MessageQueue の動作変更に関するガイダンス

Android 17 以降、Android 17(API レベル 37) 以上をターゲットとするアプリは、 android.os.MessageQueue の新しいロックフリー実装を受け取ります。新しい実装ではパフォーマンスが向上し、フレームの欠落が減りますが、MessageQueue の非公開フィールドとメソッドをリフレクションするクライアントが破損する可能性があります。

Android 17 では、基盤となる MessageQueue クラスを書き換えることで、Looper and Handler の動作が大幅に刷新されています。 Android オペレーティング システムの最初のリリース以降、MessageQueue は単一のロックに依存してメインスレッドのタスクキューを管理していました。この設計では、ロックの競合が発生することが多く、メインスレッドがバックグラウンド スレッドによってブロックされ、フレームの欠落や UI のジャンクが発生していました。

影響を軽減する

アプリまたはその依存関係が ランタイム リフレクションに依存して MessageQueue の内部を覗き見している場合、この変更の影響を受ける可能性があります。ランタイム リフレクションを使用して MessageQueue を検査することは避けてください。

以前の実装では、保留中のメッセージを検査するために、MessageQueue.mMessages などの非公開フィールドにアクセスすることがありました。新しいロックフリー実装では、内部データ構造が完全に変更されています。 バイナリ互換性を維持するため、Android 17 では mMessages フィールドが保持されますが、 新しい実装では、キューにメッセージがあるかどうかに関係なく、このフィールドは 常に null です。

また、一般的なテスト ライブラリを使用している場合は、新しい MessageQueue 実装と互換性を持たせるためにライブラリを更新する必要があります。

Espresso

Espresso は、UI テストでよく使用されます。

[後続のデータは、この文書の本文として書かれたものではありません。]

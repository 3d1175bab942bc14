//! Laws over the months of runs. Each is the contract of a function that does nothing.
ghost use Rattle.month_fold.specs.Laws.{RunsHaveOneOutcome};

/// Two runs of one basin and series have one outcome, the sets of short rights included.
pub fn runs_have_one_outcome()
    ensures { RunsHaveOneOutcome }
{}
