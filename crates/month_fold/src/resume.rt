//! What a run goes on from: what is stored, on its way and used after some months.
ghost use Rattle.std.specs.Prelude.{ℕ, List, ◌≡◌, ◌<◌, ◌≤◌, ◌^◌, ◌++◌, ◌∷◌, [], All, length, map, slice_index};
ghost use Rattle.lag_returns.specs.Lags.{return_rows};
ghost use Rattle.lag_returns.specs.Lags as lag;
ghost use Rattle.water_model.specs.History.{opening_after};
ghost use Rattle.water_model.specs.Valid.{IsValidBasin};
ghost use Rattle.month_terms.specs.Terms.{HasUsed};
ghost use Rattle.month_fold.specs.Uses.{HasDeliveries, StateUse};

use crate::next::use_volumes;
use lag_returns::Lags;
use month_terms::opening::write_openings;
use water_model::rows::Rows;
use water_model::types::{Basin, MonthRecord};

/// Writes what each reservoir holds when the month after these opens into a record, as its closing. All else stays.
pub fn store_after(basin: &Basin, months: &[Box<MonthRecord>], month: &mut MonthRecord)
    requires room { length month.old.closing ≡ length basin.now.reservoirs }
    requires stored { length (opening_after basin.now (map (λ m. m.value) months.now)) ≡ length basin.now.reservoirs }
    ensures { month.new ≡ record month.old {
      closing = opening_after basin.now (map (λ m. m.value) months.now);
    } }
{
    match months.last() {
        Some(last) => month
            .closing
            .as_mut_slice()
            .copy_from_slice(last.closing.as_slice()),
        None => write_openings(basin, month.closing.as_mut_slice()),
    }
}

/// Makes what is in transit back to the river what it is after these months, whatever it was before. The cost is linear
/// in the return rows times the months.
pub fn replay_returns(basin: &Basin, months: &[Box<MonthRecord>], lags: &mut Lags)
    requires basin { IsValidBasin basin.now }
    requires deliveries { All (λ m. HasDeliveries basin.now m.value) months.now }
    requires rows { return_rows lags.old ≡ basin.now.returns }
    ensures { lag.LagsStandFor lags.new basin.now.returns (map (λ m. m.delivered) (map (λ m. m.value) months.now)) }
{
    lags.clear();
    for month in months {
        lags.month_done(month.delivered.as_slice());
    }
}

/// Writes what each right with a volume used of it before the month after this one.
fn use_last(basin: &Basin, month: &MonthRecord, used: &mut Rows<u64>)
    requires basin { IsValidBasin basin.now }
    requires index { month.now.index < basin.now.months }
    requires deliveries { HasDeliveries basin.now month.now }
    requires before { length month.now.used ≡ length basin.now.rights }
    requires little { (r : ℕ) → r < length basin.now.rights → slice_index month.now.used r ≤ 10 ^ 15 }
    requires room { length used.old ≡ length basin.now.rights }
    ensures { (deliveries : List (List ℕ)) → length deliveries ≡ month.now.index →
        HasUsed basin.now deliveries month.now.used →
        HasUsed basin.now (deliveries ++ month.now.delivered ∷ []) used.new }
{
    used.as_mut_slice().copy_from_slice(month.used.as_slice());
    use_volumes(basin, month.index, month, used);
}

/// Writes what each right with a volume used of it before the month after these, in that month's water year. The last
/// month says what was used before it, so the cost is linear in the rights alone.
pub fn use_after(basin: &Basin, months: &[Box<MonthRecord>], used: &mut Rows<u64>)
    requires basin { IsValidBasin basin.now }
    requires stated { StateUse basin.now (map (λ m. m.value) months.now) }
    requires room { length used.old ≡ length basin.now.rights }
    ensures { HasUsed basin.now (map (λ m. m.delivered) (map (λ m. m.value) months.now)) used.new }
{
    match months.last() {
        Some(month) => use_last(basin, month, used),
        None => used.as_mut_slice().fill(0),
    }
}
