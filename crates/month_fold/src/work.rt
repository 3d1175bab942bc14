//! What is counted of the work of runs, for contracts.
ghost use Rattle.std.specs.Prelude.{◌≡◌, ◌<◌};
ghost use Rattle.month_fold.specs.Works.{no_work};

use std::marker::Model;
use std::sync::ledger::{Blank, Ledger};
use steps::Steps;

/// How often searches pushed, and how many months were solved. Only a step of a run counts a month.
///
/// It has no bytes when the program runs, so counting costs nothing.
#[derive(Drop)]
pub struct Work<P: Ledger, M: Ledger> {
    pub(crate) pushes: Steps<P>,
    pub(crate) months: Steps<M>,
}

impl<P: Ledger, M: Ledger> Model for Work<P, M> {
    ghost use Rattle.month_fold.specs.Works.{WorkDone};

    ghost Value = { WorkDone };

    ghost view = { λ w. record { pushes = w.pushes; months = w.months } };
}

impl<P: Ledger, M: Ledger> Work<P, M> {
    /// No work yet, on any two ledgers of which these blanks are.
    pub fn new(pushes: Blank, months: Blank) -> Work<P, M>
        requires pushes_name { pushes.name ≡ P.name }
        requires pushes_parts { pushes.parts ≡ P.parts }
        requires pushes_some { 0 < pushes.parts }
        requires months_name { months.name ≡ M.name }
        requires months_parts { months.parts ≡ M.parts }
        requires months_some { 0 < months.parts }
        ensures { result ≡ no_work }
    {
        Work {
            pushes: Steps::new(pushes),
            months: Steps::new(months),
        }
    }
}
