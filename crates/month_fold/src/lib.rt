//! The months of a run, one after the other: each opens with what the months before it left.
#![tactic(auto)]

pub mod engine;
pub mod laws;
mod next;
mod resume;
pub mod run;
pub mod work;
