// Which pairs of stage and condition are kept, by synchronous rounds: each takes out the pairs that some request of their stage cannot
// be served from, with the pairs that the round before left to end in.
ghost use Rattle.std.specs.Prelude.{◌≡◌, ℕ, ◌+◌, ◌<◌, true, length, IfOk, OnOk, slice_index_or};
ghost use Rattle.std.specs.List.{flat_map};
ghost use Rattle.plans.specs.Domains.{domain_of};
ghost use Rattle.port.specs.Model.{model_of};
ghost use Rattle.index.specs.Indexed.{port_of};
ghost use Rattle.rounds.specs.Stages.{Even, SettledAll, rank_row};
ghost use Rattle.rounds.specs.Rounds.{Going, RoundReady, Turned, domain_in};
ghost use Rattle.rounds.specs.Verdicts.{Judges};

use crate::stages::{Stage, stages_of};
use crate::tasks::{Task, tasks_of};
use index::MoveIndex;
use port::Port;
use std::alloc::{AllocError, Global};

// What a port comes to: the index of its moves, its requests with where each may be worked and may end, and the ranks of the pairs,
// by stage and then by condition.
#[derive(Drop)]
pub struct Verdict<'a> {
    pub index: MoveIndex<'a>,
    pub tasks: Vec<Task>,
    pub ranks: Vec<u16>,
}

// The turns of the requests in a round. They read the pairs that are left and write what the round leaves of them: what is taken out
// there counts from the next round on.
fn take_turns(
    heap: Global,
    index: &MoveIndex,
    tasks: &mut [Task],
    stages: &mut [Stage],
) -> Result<(), AllocError>
    requires { RoundReady (domain_in index.now) tasks.old stages.old }
    ensures { OnOk result (Turned (domain_in index.now) stages.old tasks.new stages.new (length (domain_in index.now).tasks)) }
{
    for task in tasks.iter_mut() {
        task.refresh(heap, index, &stages[task.to])?;
        stages[task.from].narrow(&task.served);
    }
    Ok(())
}

// Ends a round of this number; whether it took out a pair.
fn settle(stages: &mut [Stage], round: u16) -> bool
    requires { (s : ℕ) (d : Stage) → s < length stages.old → Even (slice_index_or stages.old s d) }
    ensures { SettledAll round stages.old stages.new result }
{
    for stage in stages.iter_mut() {
        stage.settle(round);
    }
    stages.iter().any(|stage| stage.lost)
}

// The ranks of the pairs, by stage and then by condition.
fn ranks_of(heap: Global, stages: &[Stage]) -> Result<Vec<u16>, AllocError>
    ensures { IfOk result (λ v. v.items ≡ flat_map rank_row stages.now) }
{
    let mut ranks = Vec::new(heap);
    for stage in stages {
        ranks.extend_from_slice(&stage.ranks)?;
    }
    Ok(ranks)
}

// The rounds over a port's pairs, so many of them.
#[derive(Drop)]
struct Rounds<'a> {
    index: MoveIndex<'a>,
    tasks: Vec<Task>,
    stages: Vec<Stage>,
    count: u16,
    // Whether the last of them took out a pair; true before the first.
    changed: bool,
    ghost going: { Going (domain_in index) tasks.items stages.items count changed },
}

impl<'a> Rounds<'a> {
    // Before the first round, with every pair left.
    fn new(heap: Global, port: &'a Port) -> Result<Rounds<'a>, AllocError>
        ensures { IfOk result (λ r. port_of r.index ≡ port.now) }
    {
        let index = MoveIndex::new(heap, port)?;
        let tasks = tasks_of(heap, port)?;
        let stages = stages_of(heap, index.stages(), index.conditions())?;
        Ok(Rounds {
            index,
            tasks,
            stages,
            count: 0,
            changed: true,
        })
    }

    // One round more.
    fn run(self, heap: Global) -> Result<Rounds<'a>, AllocError>
        requires { self.changed ≡ true }
        ensures index { IfOk result (λ r. r.index ≡ self.entry.index) }
        ensures count { IfOk result (λ r. r.count ≡ self.entry.count + 1) }
    {
        let Rounds {
            index,
            mut tasks,
            mut stages,
            count,
            ..
        } = self;
        take_turns(heap, &index, &mut tasks, &mut stages)?;
        let count = count + 1;
        let changed = settle(&mut stages, count);
        Ok(Rounds {
            index,
            tasks,
            stages,
            count,
            changed,
        })
    }
}

// Which pairs of a port are kept, told by the rank of each, and where each request may be worked and may end.
pub fn judge<'a>(heap: Global, port: &'a Port) -> Result<Verdict<'a>, AllocError>
    ensures index { IfOk result (λ v. port_of v.index ≡ port.now) }
    ensures told { IfOk result (λ v. Judges (domain_of (model_of port.now)) v.tasks.items v.ranks.items) }
{
    let mut rounds = Rounds::new(heap, port)?;
    // Stays: how many rounds there are is known only once one takes nothing out.
    while rounds.changed {
        rounds = rounds.run(heap)?;
    }
    let Rounds {
        index,
        tasks,
        stages,
        ..
    } = rounds;
    let ranks = ranks_of(heap, &stages)?;
    Ok(Verdict {
        index,
        tasks,
        ranks,
    })
}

Espresso ライブラリは、UI の状態を正しくアサートするために、メインスレッドがアイドル状態になったタイミングを把握する必要があります。以前のバージョンの Espresso は、ロックフリーの MessageQueue と互換性のないリフレクション手法に依存していました。

アクション

Espresso 3.7.0 以降に更新します。このバージョンでは、 TestLooperManager API(特に Android 16 で導入された新しい API)を使用して、内部実装の詳細に依存することなく Looper を安全に操作します。

Robolectric

同様に、Robolectric を使用して単体テストを実行する場合、テストが以前の Looper モードに依存していると問題が発生する可能性があります。

アクション

Robolectric 4.17 以降に更新します。@LooperMode(LEGACY) を使用している場合は、テストを新しい @LooperMode(PAUSED) に移行する必要があります。詳しくは、 Robolectric の移行ガイドをご覧ください。

動作をテストする

次のコマンドを実行すると、targetSDK を更新せずに Android 17 で動作変更を伴うアプリをテストできます。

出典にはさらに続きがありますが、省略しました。